Locally, Silafrica works with farmers’ organisations to innovate and manufacture two types of crates; nestable and stackable crates.
These crates are designed in a way that the products packed in are protected from damage resulting in higher quantities reaching the market and consequently more revenue to the SMEs.
“These crates are traceable, which is an important factor enabling monitoring the supply chain and curbing the writing-off of the assets due to misplacements.”
The crates are made from recycled plastic to promote circular economy in alignment with SDG 12 – Responsible Consumption and Production.
“Besides our focus on innovation and growth, we are keen on recycling and reusing our packaging materials.”
Silaafrica also works with SMEs in the dairy industry, which has enabled access to affordable yoghurt packaging cups.
By being the first company in Africa to acquire in-mould labelling technology, the latest tech in packaging, SMEs can get the packaging of the same quality as multinational corporations at affordable rates which is key to getting shelf appeal and inevitable growth.
An employee stacks some of the finished products at Silafrica Company.
Photo credit: Magdalene Wanja | Nation Media Group
“Startups and SMEs have been enabled to compete fairly by leveraging these packaging and achieve positive year-to-year growth ratios.”
While giving tips on how to scale up in business, one should be open to increasing their knowledge through reading. Talking to other entrepreneurs and learning from their experiences helps in growing.
“Over the years, our company has been growing and at one point we too were a SME. Learning from other businesses already in the growth level has been instrumental for our growth.”
Ashka points out the Entrepreneurs Organisation (EO) as a resourceful organisation SME owners or founders can join to learn more from people sharing similar interests in business.

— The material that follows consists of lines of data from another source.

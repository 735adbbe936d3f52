// Discs taken off their pegs one by one.
ghost use Rattle.std.specs.Prelude.{◌≡◌, ◌≤◌, length};
ghost use Rattle.board.specs.Position.{WellFormed};
ghost use Rattle.board.specs.Task.{limit};
ghost use Rattle.checker.specs.Inner.Stacks.{taken_off};

use run::pegs::Pegs;

// Whether the pegs are those of a position: its discs are taken off one by one, the smallest first, each from its peg.
// Stays: the clause and no `Task`, which would be no plainer: the position is a part of a task's goal.
#[tactic(auto, using(board::proofs::Formed::formed_pegs, crate::proofs::Taken::taken_past, crate::proofs::Taken::taken_fails, crate::proofs::Taken::taken_end))]
pub fn take_off(pegs: &Pegs, position: &[u8]) -> bool
    requires { (length position.now ≤ limit) × WellFormed position.now }
    ensures { result ≡ taken_off pegs.now.top pegs.now.beneath 0 position.now }
{
    let mut top = pegs.top;
    for (d, peg) in position.iter().enumerate() {
        let peg = *peg as usize;
        if top[peg] != d + 1 {
            return false;
        }
        top[peg] = pegs.beneath[d];
    }
    true
}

The organisations are in different categories which are based on the annual returns of a business.
“For example, college students with business making above Sh100,000 annual revenues can join under the EO Accelerator Programme and get tested insights from business leaders.”
In the export sector, the company has worked with the Avocado Society of Kenya to innovate and manufacture foldable crates.
The crates make shipping cheaper as space requirements are greatly reduced in return journeys.
This is as the export market remains one of the most untapped market bases by Kenyan Companies.
“Exporting products to bigger markets like China and India, which contribute to more than 30 percent of global consumption, would be a game changer.”
Reusing packaging materials ensures less environmental pollution since it also allows a return of broken crates. The broken plastic materials are crushed and used in making new packaging commodities.
“The export crates, whose cost is similar to the widely used carton packaging, are designed to be foldable to make returning cheap and therefore allow multiple reuse making the cost of packaging a one-off expense.”
This ultimately lowers the operating costs allowing the company to be competitive in price in the foreign markets.
Ashkay adds that “For growth, it’s highly imperative that decisions and strategies are guided by two principles; improving cash flow and increasing business valuation, everything else is secondary.”